▶ _Assignment_
Print, exactly as written, every line from the first line of the records below through the line containing "const PROTECTED: usize = 13;", and nothing further.

(Stored items)
// The library for programs in C: format, mount, quick mount, read, write and erase, on numbers and lent buffers; a write that is opened
// and advanced; the journal of sales; the sizes that the chip tells; the dearest write; price rules; sales held against each other; the
// draws of the test load.
#![tactic(auto)]

mod costs;
mod ledger;
mod load;
mod opened;
mod prices;
mod sales;
mod sizes;

ghost use Rattle.std.specs.Prelude.{◌≡◌};
ghost use Rattle.chip_array.specs.Device.{setting};
ghost use Rattle.scan_summary.specs.declared.Depth.TheVariants.{Full, Quick};
ghost use Rattle.open_write.specs.Requests.{format_gives};
ghost use Rattle.c_buffers.specs.Buffers.{geometry_of, lent, handed, PassedOn};
ghost use Rattle.flash_store.specs.Library.{format_result, mount_result, read_page, write_result, erase_result, formatting_lent, mounting_lent, read_handed, reading_lent, writing_lent, erasing_lent};

use geometry::Geometry;
use scan_summary::Depth;

// A lent buffer has a length that the call cannot use.
pub(crate) const BAD_BUFFER: usize = 100;

// Sizes that do not go together, a write that is open, and a protected chip.
const REFUSED_SIZES: usize = 1;

const BARRED: usize = 15;

const PROTECTED: usize = 13;

// Whether a formatting with this answer gives up what is open.
fn gives_up(answer: usize) -> bool
    ensures { result ≡ format_gives answer }
{
    if answer == REFUSED_SIZES {
        return false;
    }
    answer != PROTECTED
}

// Formats the chip. c/flash_store.h says what is lent.
#[unsafe(no_mangle)]
pub extern "C" fn flash_store_format(
    main: usize,
    spare: usize,
    pages: usize,
    blocks: usize,
    logical: usize,
    state: &mut [u8],
    interface: &mut [usize],
    array: &mut [u8],
    register: &mut [u8],
    history: &mut [u8],
    mask: &[u8],
    fates: &[u32],
    allowed: u32,
    sent: &mut [usize],
) -> usize
    ensures sent_after { handed result (lent state.new interface.new array.new register.new history.new sent.new) ≡ formatting_lent (setting (geometry_of main spare pages blocks logical) mask.now fates.now) (lent state.old interface.old array.old register.old history.old sent.old) allowed }
    ensures passed_on { PassedOn (lent state.old interface.old array.old register.old history.old sent.old) (format_result (setting (geometry_of main spare pages blocks logical) mask.now fates.now) (lent state.old interface.old array.old register.old history.old sent.old) allowed) state.new }
{
    if !c_buffers::is_lent_rightly(state.len(), interface.len(), sent.len()) {
        return BAD_BUFFER;
    }
    let g = Geometry {
        main,
        spare,
        pages,
        blocks,
        logical,
    };
    let before = c_open::state_of(state);
    let write = c_open::write_of(state);
    let start = c_buffers::interface_of(interface);
    let barred = write.opened != 0;
    let held = c_buffers::held(
        before,
        write,
        state,
        g,
        array.len(),
        register.len(),
        history.len(),
        mask.len(),
        barred,
    );
    if held == BARRED {
        return c_buffers::refuse(held, before, write, start, state, interface, sent);
    }
    let returned = format::format(
        before, g, start, array, register, history, mask, fates, allowed,
    );
    let gone = gives_up(returned.answer);
    c_buffers::hand_back(returned, write, gone, state, interface, sent)
}

// Mounts at the depth given.
fn mount_at(
    depth: Depth,
    main: usize,
    spare: usize,
    pages: usize,
    blocks: usize,
    logical: usize,
    state: &mut [u8],
    interface: &mut [usize],
    array: &mut [u8],
    register: &mut [u8],
    history: &mut [u8],
    mask: &[u8],
    fates: &[u32],
    allowed: u32,
    sent: &mut [usize],
) -> usize
    ensures sent_after { handed result (lent state.new interface.new array.new register.new history.new sent.new) ≡ mounting_lent depth (setting (geometry_of main spare pages blocks logical) mask.now fates.now) (lent state.old interface.old array.old register.old history.old sent.old) allowed }
    ensures passed_on { PassedOn (lent state.old interface.old array.old register.old history.old sent.old) (mount_result depth (setting (geometry_of main spare pages blocks logical) mask.now fates.now) (lent state.old interface.old array.old register.old history.old sent.old) allowed) state.new }
{
    if !c_buffers::is_lent_rightly(state.len(), interface.len(), sent.len()) {
        return BAD_BUFFER;
    }
    let g = Geometry {
        main,
        spare,
        pages,
        blocks,
        logical,
    };
    let before = c_open::state_of(state);
    let write = c_open::write_of(state);
    let start = c_buffers::interface_of(interface);
    let returned = mount::mount(
        depth, before, g, start, array, register, history, mask, fates, allowed,
    );
    let gone = returned.answer != REFUSED_SIZES;
    c_buffers::hand_back(returned, write, gone, state, interface, sent)
}

// Mounts.
#[unsafe(no_mangle)]
pub extern "C" fn flash_store_mount(
    main: usize,
    spare: usize,
    pages: usize,
    blocks: usize,
    logical: usize,
    state: &mut [u8],
    interface: &mut [usize],
    array: &mut [u8],
    register: &mut [u8],
    history: &mut [u8],
    mask: &[u8],
    fates: &[u32],
    allowed: u32,
    sent: &mut [usize],
) -> usize
    ensures sent_after { handed result (lent state.new interface.new array.new register.new history.new sent.new) ≡ mounting_lent Full (setting (geometry_of main spare pages blocks logical) mask.now fates.now) (lent state.old interface.old array.old register.old history.old sent.old) allowed }
    ensures passed_on { PassedOn (lent state.old interface.old array.old register.old history.old sent.old) (mount_result Full (setting (geometry_of main spare pages blocks logical) mask.now fates.now) (lent state.old interface.old array.old register.old history.old sent.old) allowed) state.new }
{
    mount_at(
        Depth::Full,
        main,
        spare,
        pages,
        blocks,
        logical,
        state,
        interface,
        array,
        register,
        history,
        mask,
        fates,
        allowed,
        sent,
    )
}

// Mounts, reading of a block that holds no copy its first and last page and one mark byte.
#[unsafe(no_mangle)]
pub extern "C" fn flash_store_quick_mount(
    main: usize,
    spare: usize,
    pages: usize,
    blocks: usize,
    logical: usize,
    state: &mut [u8],
    interface: &mut [usize],
    array: &mut [u8],
    register: &mut [u8],
    history: &mut [u8],
    mask: &[u8],
    fates: &[u32],
    allowed: u32,
    sent: &mut [usize],
) -> usize
    ensures sent_after { handed result (lent state.new interface.new array.new register.new history.new sent.new) ≡ mounting_lent Quick (setting (geometry_of main spare pages blocks logical) mask.now fates.now) (lent state.old interface.old array.old register.old history.old sent.old) allowed }
    ensures passed_on { PassedOn (lent state.old interface.old array.old register.old history.old sent.old) (mount_result Quick (setting (geometry_of main spare pages blocks logical) mask.now fates.now) (lent state.old interface.old array.old register.old history.old sent.old) allowed) state.new }
{
    mount_at(
        Depth::Quick,
        main,
        spare,
        pages,
        blocks,
        logical,
        state,
        interface,
        array,
        register,
        history,
        mask,
        fates,
        allowed,
        sent,
    )
}

// Reads one logical page into the buffer.
#[unsafe(no_mangle)]
pub extern "C" fn flash_store_read(
    main: usize,
    spare: usize,
    pages: usize,
    blocks: usize,
    logical: usize,
    state: &mut [u8],
    interface: &mut [usize],
    array: &mut [u8],
    register: &mut [u8],
    history: &mut [u8],
    mask: &[u8],
    fates: &[u32],
    allowed: u32,
    sent: &mut [usize],
    block: usize,
    page: usize,
    buffer: &mut [u8],
) -> usize
    ensures buffer_after { read_handed (handed result (lent state.new interface.new array.new register.new history.new sent.new)) buffer.new ≡ reading_lent (setting (geometry_of main spare pages blocks logical) mask.now fates.now) (lent state.old interface.old array.old register.old history.old sent.old) allowed block page buffer.old }
    ensures passed_on { PassedOn (lent state.old interface.old array.old register.old history.old sent.old) (read_page (setting (geometry_of main spare pages blocks logical) mask.now fates.now) (lent state.old interface.old array.old register.old history.old sent.old) allowed block page buffer.old).returned state.new }
{
    if !c_buffers::is_lent_rightly(state.len(), interface.len(), sent.len()) {
        return BAD_BUFFER;
    }
    let g = Geometry {
        main,
        spare,
        pages,
        blocks,
        logical,
    };
    let before = c_open::state_of(state);
    let write = c_open::write_of(state);
    let start = c_buffers::interface_of(interface);
    if !c_open::is_inside(write, state, g) {
        let held = c_buffers::held(
            before,
            write,
            state,
            g,
            array.len(),
            register.len(),
            history.len(),
            mask.len(),
            false,
        );
        return c_buffers::refuse(held, before, write, start, state, interface, sent);
    }
    let returned = read::read(
        before, g, start, array, register, history, mask, fates, allowed, block, page, buffer,
    );
    let gone = open_write::is_stopping(returned.answer);
    c_buffers::hand_back(returned, write, gone, state, interface, sent)
}

// Writes one logical page.
#[unsafe(no_mangle)]
pub extern "C" fn flash_store_write(
    main: usize,
    spare: usize,
    pages: usize,
    blocks: usize,
    logical: usize,
    state: &mut [u8],
    interface: &mut [usize],
    array: &mut [u8],
    register: &mut [u8],
    history: &mut [u8],
    mask: &[u8],
    fates: &[u32],
    allowed: u32,
    sent: &mut [usize],
    block: usize,
    page: usize,
    bytes: &[u8],
) -> usize
    ensures sent_after { handed result (lent state.new interface.new array.new register.new history.new sent.new) ≡ writing_lent (setting (geometry_of main spare pages blocks logical) mask.now fates.now) (lent state.old interface.old array.old register.old history.old sent.old) allowed block page bytes.now }
    ensures passed_on { PassedOn (lent state.old interface.old array.old register.old history.old sent.old) (write_result (setting (geometry_of main spare pages blocks logical) mask.now fates.now) (lent state.old interface.old array.old register.old history.old sent.old) allowed block page bytes.now) state.new }
{
    if !c_buffers::is_lent_rightly(state.len(), interface.len(), sent.len()) {
        return BAD_BUFFER;
    }
    let g = Geometry {
        main,
        spare,
        pages,
        blocks,
        logical,
    };
    let before = c_open::state_of(state);
    let write = c_open::write_of(state);
    let start = c_buffers::interface_of(interface);
    let opened = write.opened;
    if opened != 0 {
        let held = c_buffers::held(
            before,
            write,
            state,
            g,
            array.len(),
            register.len(),
            history.len(),
            mask.len(),
            true,
        );
        return c_buffers::refuse(held, before, write, start, state, interface, sent);
    }
    let returned = write::write(
        before, g, start, array, register, history, mask, fates, allowed, block, page, bytes,
    );
    let gone = open_write::is_stopping(returned.answer);
    c_buffers::hand_back(returned, write, gone, state, interface, sent)
}

// Erases a logical block.
#[unsafe(no_mangle)]
pub extern "C" fn flash_store_erase(
    main: usize,
    spare: usize,
    pages: usize,
    blocks: usize,
    logical: usize,
    state: &mut [u8],
    interface: &mut [usize],
    array: &mut [u8],
    register: &mut [u8],
    history: &mut [u8],
    mask: &[u8],
    fates: &[u32],
    allowed: u32,
    sent: &mut [usize],
    block: usize,
) -> usize
    ensures sent_after { handed result (lent state.new interface.new array.new register.new history.new sent.new) ≡ erasing_lent (setting (geometry_of main spare pages blocks logical) mask.now fates.now) (lent state.old interface.old array.old register.old history.old sent.old) allowed block }
    ensures passed_on { PassedOn (lent state.old interface.old array.old register.old history.old sent.old) (erase_result (setting (geometry_of main spare pages blocks logical) mask.now fates.now) (lent state.old interface.old array.old register.old history.old sent.old) allowed block) state.new }
{
    if !c_buffers::is_lent_rightly(state.len(), interface.len(), sent.len()) {
        return BAD_BUFFER;
    }
    let g = Geometry {
        main,
        spare,
        pages,
        blocks,
        logical,
    };
    let before = c_open::state_of(state);
    let write = c_open::write_of(state);
    let start = c_buffers::interface_of(interface);
    let opened = write.opened;
    if opened != 0 {
        let held = c_buffers::held(
            before,
            write,
            state,
            g,
            array.len(),
            register.len(),
            history.len(),
            mask.len(),
            true,
        );
        return c_buffers::refuse(held, before, write, start, state, interface, sent);
    }
    let returned = write::erase(
        before, g, start, array, register, history, mask, fates, allowed, block,
    );
    let gone = open_write::is_stopping(returned.answer);
    c_buffers::hand_back(returned, write, gone, state, interface, sent)
}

▶ _Response_
// The library for programs in C: format, mount, quick mount, read, write and erase, on numbers and lent buffers; a write that is opened
// and advanced; the journal of sales; the sizes that the chip tells; the dearest write; price rules; sales held against each other; the
// draws of the test load.
#![tactic(auto)]

mod costs;
mod ledger;
mod load;
mod opened;
mod prices;
mod sales;
mod sizes;

ghost use Rattle.std.specs.Prelude.{◌≡◌};
ghost use Rattle.chip_array.specs.Device.{setting};
ghost use Rattle.scan_summary.specs.declared.Depth.TheVariants.{Full, Quick};
ghost use Rattle.open_write.specs.Requests.{format_gives};
ghost use Rattle.c_buffers.specs.Buffers.{geometry_of, lent, handed, PassedOn};
ghost use Rattle.flash_store.specs.Library.{format_result, mount_result, read_page, write_result, erase_result, formatting_lent, mounting_lent, read_handed, reading_lent, writing_lent, erasing_lent};

use geometry::Geometry;
use scan_summary::Depth;

// A lent buffer has a length that the call cannot use.
pub(crate) const BAD_BUFFER: usize = 100;

// Sizes that do not go together, a write that is open, and a protected chip.
const REFUSED_SIZES: usize = 1;

const BARRED: usize = 15;

const PROTECTED: usize = 13;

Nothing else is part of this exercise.